Houve entre o final do século XVIII e início do século XIX uma mudança nos conflitos políticos, que já não eram exclusividade de uma elite e podiam ser vistos nas ruas. Isso teve uma contribuição direta das lutas que precederam e desencadearam a Revolução Francesa, que mobilizou as massas e fez o homem comum refletir sobre a realidade política que o cercava.

Ainda no século XIX, Hegel aparece com o conceito de superação dialética, que era a negação de uma realidade, a conservação da essência dessa realidade negada e a sua elevação a um nível superior, afirmava ainda que o trabalho é a mola que impulsiona o desenvolvimento. Karl Marx acabou superando Hegel dialeticamente através de sua concepção de alienação, no qual o homem em vez de realizar-se no trabalho acaba se alienando nele e se sente ameaçado pelas suas próprias criações, em vez de libertar-se acaba se enrolando cada vez mais em opressões. O conhecimento, segundo Marx, é totalizante, ou seja, toda ação humana é interligada com outra e ambas fazem parte de um todo, e para que haja uma modificação na realidade é necessário que haja um acumulo de mudanças nas partes que compõem esse todo. Entre outras contribuições de Marx para a dialética estão os princípios da contradição e mediação e a fluidificação dos conceitos.
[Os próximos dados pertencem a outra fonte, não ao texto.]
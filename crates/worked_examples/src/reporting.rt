//! Reports on sessions, and on the help of the commands.
ghost use Rattle.std.specs.Prelude.{◌≤◌};

use crate::stores::Store;
use crate::trial::{Call, Failing, run_in_memory, run_with_fault};
use example_sessions::{Came, Run, Session, Trial, is_cut_short, is_wanted};
use lei_keeper::KeepFault;
use program_words::help_of;
use register_words::ExitStatus;
use std::alloc::Global;
use std::io;
use std::thread::Threads;

// The greatest numbers of bytes that a read and a write take.
const SIZES: [usize; 4] = [4_294_967_296, 7, 2, 1];

/// Makes the runs of a session in one piece and by fewer and fewer bytes, and tells what came of it. The result says
/// whether it is what was wanted. What a run leaves at the path of its store is there for the next one.
pub fn tell_session<R: Print + AllocGlobal + Threads + Sync>(
    rt: &R,
    alloc: Global,
    file: &str,
    session: &Session,
) -> io::Result<bool> {
    for size in SIZES {
        if !passes(rt, alloc, file, session, size)? {
            return Ok(false);
        }
    }
    let title = session.title();
    println!(rt; "{file}: {title}: passed in one piece and by 7, 2 and 1 bytes")?;
    Ok(true)
}

// The least of these with which each call fails in turn: with fewer bytes there are too many calls.
const LEAST_WITH_FAULTS: usize = 7;

// One more than the number of calls that fail in turn.
const MOST_CALLS: u64 = 100_000;

// The words whose help a guide shows, the empty one for that of the whole program.
const COMMANDS: [&str; 10] = [
    "", "lines", "serve", "apply", "search", "mirror", "group", "check", "digits", "demo",
];

/// Tells whether the help of each command stands in a text as it is printed, and says that.
pub fn tell_help<R: Print>(rt: &R, file: &str, text: &str) -> io::Result<bool> {
    for name in COMMANDS {
        if !text.contains(help_of(name)) {
            println!(rt; "{file}: the help of '{name}' is not shown as it is printed")?;
            return Ok(false);
        }
    }
    println!(rt; "{file}: the help of each command stands there as it is printed")?;
    Ok(true)
}

fn passes<R: Print + AllocGlobal + Threads + Sync>(
    rt: &R,
    alloc: Global,
    file: &str,
    session: &Session,
    size: usize,
) -> io::Result<bool>
    requires { 1 ≤ size }
{
    let title = session.title();
    let trial = Trial { file, title, size };
    let mut stores: Vec<Store> = Vec::new(alloc);
    for run in session.runs() {
        let has_faults = run.has_each_fault() && size >= LEAST_WITH_FAULTS;
        if has_faults && !ends_at_each(rt, alloc, trial, run, &stores)? {
            return Ok(false);
        }
        let came = or_io_error(run_in_memory(rt, alloc, run, size, &mut stores))?;
        if !is_wanted(rt, alloc, trial, run, &came)? {
            return Ok(false);
        }
    }
    Ok(true)
}

// Whether a run ends at each of its reads and each of its writes, if that one fails.
fn ends_at_each<R: Print + AllocGlobal + Threads + Sync>(
    rt: &R,
    alloc: Global,
    trial: Trial<'_>,
    run: &Run,
    stores: &[Store],
) -> io::Result<bool>
    requires { 1 ≤ trial.size }
{
    Ok(
        ends_in_turn(rt, alloc, trial, run, stores, Call::Read)?
            && ends_in_turn(rt, alloc, trial, run, stores, Call::Write)?,
    )
}

// The status of a run in which such a call fails.
fn status_of(call: Call) -> u8 {
    match call {
        Call::Read => ExitStatus::ReadFault.number(),
        Call::Write => ExitStatus::WriteFault.number(),
    }
}

// Whether a run ends at each of its calls of a kind, if that one fails. The run in which none is left to fail has the
// required result.
fn ends_in_turn<R: Print + AllocGlobal + Threads + Sync>(
    rt: &R,
    alloc: Global,
    trial: Trial<'_>,
    run: &Run,
    stores: &[Store],
    call: Call,
) -> io::Result<bool>
    requires { 1 ≤ trial.size }
{
    let Trial { file, title, size } = trial;
    for number in 1..MOST_CALLS {
        let failing = Failing { call, number };
        let came = or_io_error(run_with_fault(rt, alloc, run, size, stores, failing))?;
        if number > 1 && came.status == run.status() {
            return is_wanted(rt, alloc, trial, run, &came);
        }
        if !is_cut_short(rt, trial, run, &came, status_of(call), number)? {
            return Ok(false);
        }
    }
    println!(rt; "{file}: {title}: FAILED, since there is no end of calls that fail")?;
    Ok(false)
}

// What came of a run. Without memory, or where a store can't be changed or handed on, nothing is told of the others.
fn or_io_error(came: Result<Came, KeepFault>) -> io::Result<Came> {
    match came {
        Ok(came) => Ok(came),
        Err(KeepFault::NoMemory) => Err(io::ErrorKind::OutOfMemory.into()),
        Err(KeepFault::Failed) => Err(io::ErrorKind::InvalidData.into()),
    }
}
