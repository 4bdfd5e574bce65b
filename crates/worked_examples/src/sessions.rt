//! The worked examples of files.
use crate::reporting::{tell_help, tell_session};
use example_sessions::{Document, Fault, LineFault, Named};
use std::rt::Files;
use std::thread::Threads;
use std::{fs, io};

/// The file that shows how each command is called.
const GUIDE: &'static str = "GUIDE.md";

/// How many sessions passed, and how many did not, a file that is not read among them.
#[derive(Clone, Copy)]
struct Count {
    passed: u64,
    failed: u64,
}

impl Count {
    fn add(&mut self, passes: bool) {
        if passes {
            self.passed = self.passed.saturating_add(1);
        } else {
            self.failed = self.failed.saturating_add(1);
        }
    }
}

/// Runs the sessions of these files one after the other, and tells what comes of each. The status is 0 where all
/// passed. The runtime is handed on as one that reads files and may start threads, and as the host.
pub fn run_files<R: Print + Files + AllocGlobal + Threads + Sync>(
    rt: &R,
    host: &HostRuntime,
    files: &[String],
) -> io::Result<u8> {
    let mut known = Vec::new(host.alloc());
    let mut count = Count {
        passed: 0,
        failed: 0,
    };
    for file in files {
        known = run_file(rt, host, file.as_str(), known, &mut count)?;
    }
    let Count { passed, failed } = count;
    println!(rt; "{passed} passed, {failed} failed")?;
    Ok(u8::from(failed > 0))
}

// Runs the sessions of a file with the texts that are known, and returns those that are known after it.
fn run_file<R: Print + Files + AllocGlobal + Threads + Sync>(
    rt: &R,
    host: &HostRuntime,
    file: &str,
    known: Vec<Named>,
    count: &mut Count,
) -> io::Result<Vec<Named>> {
    let alloc = host.alloc();
    let Ok(text) = fs::read_to_string(rt, file) else {
        count.add(false);
        println!(rt; "{file}: cannot be read")?;
        return Ok(known);
    };
    if file == GUIDE {
        count.add(tell_help(rt, file, text.as_str())?);
    }
    match Document::read(alloc, known, text.as_str()) {
        Ok(document) => {
            for session in document.sessions() {
                count.add(tell_session(rt, alloc, file, session)?);
            }
            Ok(document.into_known())
        }
        Err(LineFault { line, fault }) => {
            count.add(false);
            match fault {
                Fault::Form => println!(rt; "{file}: line {line} is not of the form")?,
                Fault::Memory => println!(rt; "{file}: no memory for line {line}")?,
            }
            Ok(Vec::new(alloc))
        }
    }
}
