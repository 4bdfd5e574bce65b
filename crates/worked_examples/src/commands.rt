//! The commands of the register over memory alone.
use leireg_run::run_command;
use memory_devices::SureKeeper;
use program_words::{WordsFault, tell, wanted_run};
use register_words::ExitStatus;
use std::mem::forget;
use std::thread::Threads;

/// Does what the words ask for, and says the status. A store is none of this program's. The runtime is handed on as one
/// that may start threads, and as the host.
pub fn run_words<R: Threads + Sync>(rt: &R, host: &HostRuntime, words: &[String]) -> u8 {
    let status = match wanted_run(host.alloc(), words) {
        Ok(wanted) => match wanted.store {
            None => {
                let keeper = SureKeeper::new(host.alloc());
                let (status, keeper) = run_command(rt, host, words, &wanted, keeper);
                forget(keeper);
                status
            }
            Some(_) => ExitStatus::Usage.number(),
        },
        Err(WordsFault::Usage) => ExitStatus::Usage.number(),
        Err(WordsFault::NoMemory) => ExitStatus::NoMemory.number(),
    };
    tell(host, status, words);
    status
}
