ghost use Rattle.std.specs.Prelude.{◌≡◌, IfOk, OnOk};
ghost use Rattle.gd_outside.specs.Records.{first_shot, is_byte_over, landed, shot_kind, with_landed};

use crate::memory::mark::Kind;
use crate::memory::piece::put_over;
use std::alloc::{AllocError, Global};
use std::marker::Model;

/// The contents after some calls, and one image of a crash then: the first writes since the last sync that succeeded
/// stand as written, and the ranges of the others hold one byte, but for a byte that goes alone over another one, which
/// stays.
#[derive(Drop)]
pub(crate) struct Shot {
    whole: u32,
    fill: u8,
    contents: Vec<u8>,
    image: Vec<u8>,
    count: u64,
}

impl Model for Shot {
    ghost use Rattle.gd_outside.specs.Records.{Shot as ShotValue};

    ghost Value = { ShotValue };

    ghost view = { λ s. record {
      whole = s.whole;
      fill = s.fill;
      contents = s.contents.items;
      image = s.image.items;
      count = s.count;
    } };
}

impl Shot {
    /// Before any call. It takes no memory.
    pub(crate) fn new(alloc: Global, whole: u32, fill: u8) -> Self
        ensures { result ≡ first_shot whole fill }
    {
        Shot {
            whole,
            fill,
            contents: Vec::new(alloc),
            image: Vec::new(alloc),
            count: 0,
        }
    }

    /// Goes on by one call.
    pub(crate) fn take(
        &mut self,
        alloc: Global,
        kind: Kind,
        pos: u64,
        piece: &[u8],
    ) -> Result<(), AllocError>
        ensures { OnOk result (self.new ≡ shot_kind kind self.old pos piece.now) }
    {
        match kind {
            Kind::Created => {
                self.contents.clear();
                self.image.clear();
            }
            Kind::NotCreated => {}
            Kind::Put => {
                self.land(alloc, pos, piece)?;
                put_over(&mut self.contents, pos, piece)?;
            }
            Kind::NotPut => self.land(alloc, pos, piece)?,
            Kind::Synced => {
                self.image.clear();
                self.image.extend_from_slice(&self.contents)?;
                self.count = 0;
            }
        }
        Ok(())
    }

    /// Counts a write, and has it in the image.
    fn land(&mut self, alloc: Global, pos: u64, piece: &[u8]) -> Result<(), AllocError>
        ensures { OnOk result (self.new ≡ with_landed self.old pos piece.now) }
    {
        self.put(alloc, pos, piece)?;
        self.count = self.count.saturating_add(1);
        Ok(())
    }

    /// Puts into the image what stands there of the next write.
    fn put(&mut self, alloc: Global, pos: u64, piece: &[u8]) -> Result<(), AllocError>
        ensures { OnOk result (self.new ≡ record self.old {
          image = landed self.old pos piece.now;
        }) }
    {
        if self.count < u64::from(self.whole) {
            return put_over(&mut self.image, pos, piece);
        }
        if is_byte_over(&self.image, pos, piece) {
            return Ok(());
        }
        let filled = vec![in alloc; self.fill; piece.len()]?;
        put_over(&mut self.image, pos, &filled)
    }

    pub(crate) fn into_image(self) -> Vec<u8>
        ensures { result.items ≡ self.image }
    {
        self.image
    }
}

/// Whether the piece is one byte, and goes over one that is there.
fn is_byte_over(image: &[u8], pos: u64, piece: &[u8]) -> bool
    ensures { result ≡ is_byte_over image.now pos piece.now }
{
    piece.len() == 1 && pos < image.len() as u64
}
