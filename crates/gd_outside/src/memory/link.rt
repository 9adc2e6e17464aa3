ghost use Rattle.std.specs.Prelude.{◌≡◌, ◌≤◌, ◌↔◌, length, None, Some, IsErr, IsTrue, IfOk, IfSome, OnOk, OnErr};
ghost use Rattle.std.specs.List.{slice_get};
ghost use Rattle.gd_outside.specs.declared.fail.Call.TheVariants.{Open, Send};
ghost use Rattle.gd_outside.specs.Causes.{counted};
ghost use Rattle.gd_outside.specs.Fails.{is_listed};
ghost use Rattle.gd_outside.specs.Links.{FitsBuffer, IsOpen, LinkCalled, StaysOpen, Takes, Took, one_try};
ghost use Rattle.gd_outside.specs.MemoryLinks.{faults_after, new_link, seen_link, with_addresses, with_entry};
ghost use Rattle.gd_outside.specs.MemoryLinks.{with_frame, without_entry};
ghost use Rattle.gd_outside.specs.Seen.{Packet, Pause, Failure};
ghost use Rattle.gd_outside.specs.Told.{Grows, Stays};

use crate::fail::{Call, Fail, Failed, is_listed};
use crate::link::{Link, Received, Sent};
use crate::memory::entry::KeptEntry;
use crate::memory::kept_link::LinkMemory;
use crate::words::WordList;
use std::alloc::{AllocError, Global};
use std::marker::Model;

/// Entries in memory, memory for a number of bytes, its room, of which each address and each frame tried takes its
/// length and one more, and the list of the opens and sends that fail. A receive fails where its entry is a failure.
/// Past its room it keeps no more, and tells nothing.
#[derive(Drop)]
pub struct MemoryLink {
    link: LinkMemory,
    fails: Vec<Fail>,
    opens: u64,
    sends: u64,
    faults: u64,
}

impl Model for MemoryLink {
    ghost use Rattle.gd_outside.specs.MemoryLinks.{ListedLink};

    ghost Value = { ListedLink };

    ghost view = { λ s. record {
      kept = s.link;
      fails = s.fails.items;
      opens = s.opens;
      sends = s.sends;
      faults = s.faults;
    } };
}

impl MemoryLink {
    /// No entries, addresses and frames. Takes the memory for `room` bytes at once. `AllocError` where there is none.
    pub fn new(alloc: Global, room: usize, fails: &[Fail]) -> Result<Self, AllocError>
        ensures { IfOk result (λ link. link ≡ record {
          kept = new_link room;
          fails = fails.now;
          opens = 0;
          sends = 0;
          faults = 0;
        }) }
    {
        Ok(MemoryLink {
            link: LinkMemory::new(alloc, room)?,
            fails: fails.to_vec(alloc)?,
            opens: 0,
            sends: 0,
            faults: 0,
        })
    }

    /// Puts a datagram behind the entries. `AllocError` where memory ran out, and then all is as before.
    pub fn add_datagram(&mut self, bytes: &[u8]) -> Result<(), AllocError>
        ensures ok { OnOk result (self.new
            ≡ record self.old { kept = with_entry self.old.kept (Packet bytes.now) }) }
        ensures err { OnErr result (self.new ≡ self.old) }
    {
        let entry = KeptEntry::datagram(self.link.alloc(), bytes)?;
        self.link.add(entry)
    }

    /// Puts a pause, at which nothing is there, behind the entries. `AllocError` where memory ran out, and then all is
    /// as before.
    pub fn add_nothing(&mut self) -> Result<(), AllocError>
        ensures ok { OnOk result (self.new
            ≡ record self.old { kept = with_entry self.old.kept Pause }) }
        ensures err { OnErr result (self.new ≡ self.old) }
    {
        self.link.add(KeptEntry::pause())
    }

    /// Puts a failure behind the entries. `AllocError` where memory ran out, and then all is as before.
    pub fn add_failure(&mut self) -> Result<(), AllocError>
        ensures ok { OnOk result (self.new
            ≡ record self.old { kept = with_entry self.old.kept Failure }) }
        ensures err { OnErr result (self.new ≡ self.old) }
    {
        self.link.add(KeptEntry::failure())
    }

    /// The k-th frame that is kept, counted from 0, and the site that it was tried for. None where there are no more.
    pub fn tried(&self, k: usize) -> Option<(u8, &[u8])>
        ensures frame { IfSome result (λ t. slice_get self.now.kept.tried k
            ≡ Some (record { to = t.0; frame = t.1.now })) }
        ensures none { result ≡ None → length self.now.kept.tried ≤ k }
    {
        self.link.tried(k)
    }

    /// Fails where the list says so, and counts that.
    fn fail_if_listed(&mut self, call: Call, number: u64) -> Result<(), Failed>
        ensures listed { IsErr result ↔ IsTrue (is_listed self.old.fails call number) }
        ensures ok { OnOk result (self.new ≡ self.old) }
        ensures err { OnErr result
            (self.new ≡ record self.old { faults = counted self.old.faults }) }
        ensures count { self.old.faults ≤ self.new.faults }
    {
        if is_listed(&self.fails, call, number) {
            self.faults = self.faults.saturating_add(1);
            return Err(Failed);
        }
        Ok(())
    }
}

impl Link for MemoryLink {
    ghost seen = { seen_link };

    fn open(&mut self, addresses: &WordList, me: u8) -> Result<(), Failed>
        ensures entries { Stays (seen_link self.old).entries (seen_link self.new).entries }
        ensures tried { Stays (seen_link self.old).tried (seen_link self.new).tried }
        ensures opened { OnOk result (IsOpen addresses.now me (seen_link self.new)) }
        ensures called { LinkCalled (seen_link self.old) (seen_link self.new) (IsErr result) }

        // It fails exactly at the opens of its list, where it changes nothing but its counts.
        ensures listed { IsErr result ↔ IsTrue (is_listed self.old.fails Call.Open
            (counted self.old.opens)) }
        ensures ok { OnOk result (self.new ≡ record self.old {
          kept = with_addresses self.old.kept addresses.now me;
          opens = counted self.old.opens;
        }) }
        ensures err { OnErr result (self.new ≡ record self.old {
          opens = counted self.old.opens;
          faults = counted self.old.faults;
        }) }
    {
        self.opens = self.opens.saturating_add(1);
        self.fail_if_listed(Call::Open, self.opens)?;
        self.link.open(addresses.as_slice(), me);
        Ok(())
    }

    fn receive(&mut self, buf: &mut [u8]) -> Received
        ensures size { FitsBuffer result buf.new }
        ensures taken { Takes (seen_link self.old).entries result buf.new
            (seen_link self.new).entries }
        ensures tried { Stays (seen_link self.old).tried (seen_link self.new).tried }
        ensures open { StaysOpen (seen_link self.old) (seen_link self.new) }
        ensures called { LinkCalled (seen_link self.old) (seen_link self.new)
            (result ≡ Received.Failed) }

        // It takes the next entry past its room too, and counts where that is a failure.
        ensures took { Took self.old.kept.entries result buf.new self.new.kept.entries }
        ensures kept { self.new ≡ record self.old {
          kept = without_entry self.old.kept;
          faults = faults_after result self.old.faults;
        } }
    {
        let received = self.link.take(buf);
        if let Received::Failed = received {
            self.faults = self.faults.saturating_add(1);
        }
        received
    }

    fn send(&mut self, to: u8, frame: &[u8]) -> Sent
        ensures entries { Stays (seen_link self.old).entries (seen_link self.new).entries }
        ensures tried { Grows (seen_link self.old).tried (one_try to frame.now)
            (seen_link self.new).tried }
        ensures open { StaysOpen (seen_link self.old) (seen_link self.new) }
        ensures called { LinkCalled (seen_link self.old) (seen_link self.new) (result ≡ Sent.Lost) }

        // Exactly the frames at the sends of its list are lost, and all are kept.
        ensures listed { result ≡ Sent.Lost ↔ IsTrue (is_listed self.old.fails Call.Send
            (counted self.old.sends)) }
        ensures out { result ≡ Sent.Out → self.new ≡ record self.old {
          kept = with_frame self.old.kept to frame.now;
          sends = counted self.old.sends;
        } }
        ensures lost { result ≡ Sent.Lost → self.new ≡ record self.old {
          kept = with_frame self.old.kept to frame.now;
          sends = counted self.old.sends;
          faults = counted self.old.faults;
        } }
    {
        self.sends = self.sends.saturating_add(1);
        self.link.try_frame(to, frame);
        match self.fail_if_listed(Call::Send, self.sends) {
            Ok(()) => Sent::Out,
            Err(Failed) => Sent::Lost,
        }
    }
}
Friedrich Engels deu continuidade à obra de Marx. Engels se baseou nas obras de Hegel e elaborou as três leis da dialética que foram muito bem aceitas pelos operários da época. Após a morte de Engels a dialética seguiu, mas muitos filósofos que se consideravam dialéticos não a compreendia em sua totalidade, consequentemente houve uma grande deformação na concepção dialética. Quem conseguiu valorizar novamente a dialética foi Rosa Luxemburgo e Vladimir Lenin.

No final do livro o autor expõe que uma das características essenciais da dialética é o espírito crítico e autocrítico, dizendo que os dialéticos devem estar sempre dispostos a rever as interpretações em que se baseiam para atuar. A dialética, de acordo com o filósofo brasileiro Gerd Bornheim, “é fundamentalmente contestadora". Ninguém conseguirá jamais domesticá-la.